In "Top of the Class" the Kim sisters advise parents who want successful children to raise them just as the Kims did - in strict households in which parents spend hours every day educating their children, where access to pop culture is limited, and where children are taught that their failures reflect poorly on the family.
^that's for real

i kind of wish my parents had done a bit more of this, to be honest. maybe then i wouldn't be such a dickhead today.

tangent23
10-15-2005, 10:42 PM
Originally posted by AlaskanKiwi
Once all the words have been exchanged, once all the crying is done, your parents will still love you.

actually, that's all i was trying to say ;)

golivar
10-15-2005, 11:06 PM
sometimes i feel like i haven't lived up to my parents' expectations because i'm not, say, a doctor or engineer, and because i'm still working to get my career in full-swing. but my parents never expressed anything that should make me feel that way; they never pressured me to go into a particular field as some asian parents are wont to do. they never browbeat me over the "non-traditional" path my life has taken so far. if anything, they're probably the most progressive and open-minded parents i know. it's almost like this weird guilt i have is completely self-induced.

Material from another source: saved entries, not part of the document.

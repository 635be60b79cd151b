//! The clauses that say that each reduced cell is covered.
ghost use Rattle.std.specs.Prelude.{◌≡◌, ◌<◌, ◌≤◌, ◌^◌, ◌∷◌, [], map, length, IfOk, OnOk};
ghost use Rattle.heesch_cert.specs.Literals.{literals};
ghost use Rattle.heesch_torus.specs.Covering.{AreNumbers, cell_lists};
ghost use Rattle.heesch_torus.specs.Formula.{AddsClauses};

use crate::incidence::Incidence;
use heesch_cnf::{FlatFormula, Lit};
use heesch_grid::Grid;
use heesch_io::NoMemory;
use heesch_tiling::pair_at;
use std::alloc::Global;

/// Makes the clause of these variables, in place of what the list had.
fn write_clause(clause: &mut Vec<Lit>, variables: &[u32]) -> Result<(), NoMemory>
    ensures { OnOk result (clause.new.items ≡ map literals.plus variables.now) }
{
    clause.clear();
    for var in variables {
        clause.push(Lit {
            var: *var,
            positive: true,
        })?;
    }
    Ok(())
}

/// Adds the clause of a list, which is made in `clause`.
fn add_clause(
    formula: &mut FlatFormula,
    clause: &mut Vec<Lit>,
    variables: &[u32],
) -> Result<(), NoMemory>
    requires numbers { AreNumbers formula.old.vars variables.now }
    requires room { length formula.old.clauses < 2 ^ 31 }
    ensures { OnOk result
        (AddsClauses (map literals.plus variables.now
        ∷ []) formula.old.vars formula.old.clauses formula.new.vars formula.new.clauses) }
{
    write_clause(clause, variables)?;
    formula.add(clause.as_slice())
}

/// The clause of each reduced cell, in cell order: the variables that have it.
pub(crate) fn covering_clauses<G: Grid>(
    alloc: Global,
    incidence: &Incidence<G>,
) -> Result<FlatFormula, NoMemory>
    ensures vars { IfOk result (λ f. f.vars ≡ length incidence.now.sets.now.variables.now) }
    ensures clauses { IfOk result
        (λ f. f.clauses ≡ map (map literals.plus)
        (cell_lists G.geometry incidence.now.sets.now.triple incidence.now.lists.now)) }
    ensures few { IfOk result (λ f. length f.clauses ≤ 13824) }
{
    let sets = incidence.sets;
    let triple = sets.triple;
    let lists = incidence.lists;
    let mut formula = FlatFormula::new(alloc, sets.variables.len() as u32);
    let mut clause = Vec::new(alloc);
    for (k, list) in lists.iter().enumerate() {
        if G::is_cell(pair_at::<G>(triple, k)) {
            add_clause(&mut formula, &mut clause, list.as_slice())?;
        }
    }
    Ok(formula)
}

i spoke to them about this earlier this year, and they are actually surprised that i feel this way. no matter how much they tell me that all they want is for me to be happy at what i do, it's still hard for me to completely shake off the feeling that i've let down my family because i don't have some "prestigious" job.

FDM
10-16-2005, 06:39 AM
^ exactly. they never tell me outright that i should be working a 9 to 5, with a tie and jacket on every day, but i just get the feeling that they think their son is a loser.

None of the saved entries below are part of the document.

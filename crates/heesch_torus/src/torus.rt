//! The torus that is searched by masks.
ghost use Rattle.std.specs.Prelude.{◌≤◌, ◌*◌};
ghost use Rattle.std.proofs.Props.{props};
ghost use Rattle.heesch_torus.specs.Covers.{HasAllPoints};
ghost use Rattle.heesch_torus.specs.Masks.{IsMaskable};

use heesch_grid::{Cell, Grid};
use heesch_lattice::Triple;
use std::marker::PhantomData;

/// The torus of a triple, of at most 64 cells, on which tiles of these cells stand: the numbers of the window's pairs
/// among its cells, and the mask of all its cells.
#[derive(Drop)]
pub(crate) struct Torus<'a, G: Grid> {
    pub cells: &'a [Cell],
    pub triple: Triple,
    pub numbers: &'a [u32],
    pub full: u64,
    pub grid: PhantomData<G>,
    ghost maskable: { IsMaskable G.geometry cells.now triple numbers.now } by { Prim.hlevel props },
    ghost small: { triple.p * triple.q ≤ 384 },
    ghost whole: { HasAllPoints G.geometry triple full },
}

in the career sense right now, anyway.

i *know* i'm a loser in all other fields. :(

misosoupandrice
10-16-2005, 07:43 AM
Apparently I missed the boat on this one, but going back a couple pages...I've dyed my hair artificial red, purple and a few others and got my lobes pierced and contrary to the usual my american mom was the one who was shocked by all this. She never threatened to dis-own me (aside from when I was getting bad grades in mid/high school). My Dad who was born and raised in Japan doesn't even say anything about the things I've done aside from "Oh you did that? Did it hurt, or where did you do that at?" He actually sort of encourages my sister and I to 'act out' and do the things we want to do. Although I never dressed too 'out there' like my sister, I wore conservative clothing whenever I dyed my hair some weird color (I personally just liked the contrast) but I think it may have helped my parents see that I wasn't going down some horrible path.

As for career paths that 'asian parents' (i think all parents want, but dont push as much) both my parents push me do some prestiegous job, which hasn't really influenced me although I still don't know what I'll do and I'm into my junior year of college. I think the biggest reason my parents push such things is to ensure I will be well off in life, which they seem to equate to doing better then they did. Which makes sense, although I have a lot of work to do to reach the level of success my dad has.

Even with the few things that sometimes make it difficult growing up with an asian parent, I'm glad I did. Both of my parents are happy with where I am (junior in college with no real post college plan?) although maybe I just look good compared to my cousins, the only one on my dads side is 'sorta' in college, and the one my moms side dropped out...mind you all my aunts and uncles on both sides attended college. So I think in some ways your parents feel the need to compare you to other people your age. I know quite a few of my friends who constantly got the "so and so's kid is _____" from their parents.